**** Dataset records ****
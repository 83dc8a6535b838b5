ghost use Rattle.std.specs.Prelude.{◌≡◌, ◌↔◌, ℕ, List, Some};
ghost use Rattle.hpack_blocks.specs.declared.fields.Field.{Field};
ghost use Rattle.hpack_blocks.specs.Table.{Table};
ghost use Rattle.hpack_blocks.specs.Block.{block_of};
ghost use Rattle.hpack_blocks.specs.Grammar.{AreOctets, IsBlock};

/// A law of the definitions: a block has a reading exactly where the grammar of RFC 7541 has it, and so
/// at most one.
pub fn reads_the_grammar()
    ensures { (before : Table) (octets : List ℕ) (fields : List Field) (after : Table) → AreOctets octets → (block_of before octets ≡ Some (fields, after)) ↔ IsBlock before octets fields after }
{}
****
■ **What the exercise asks**: Please report how many lines of the material above contain the string "ghost", with no other words.

■ **Solution for this problem**: 5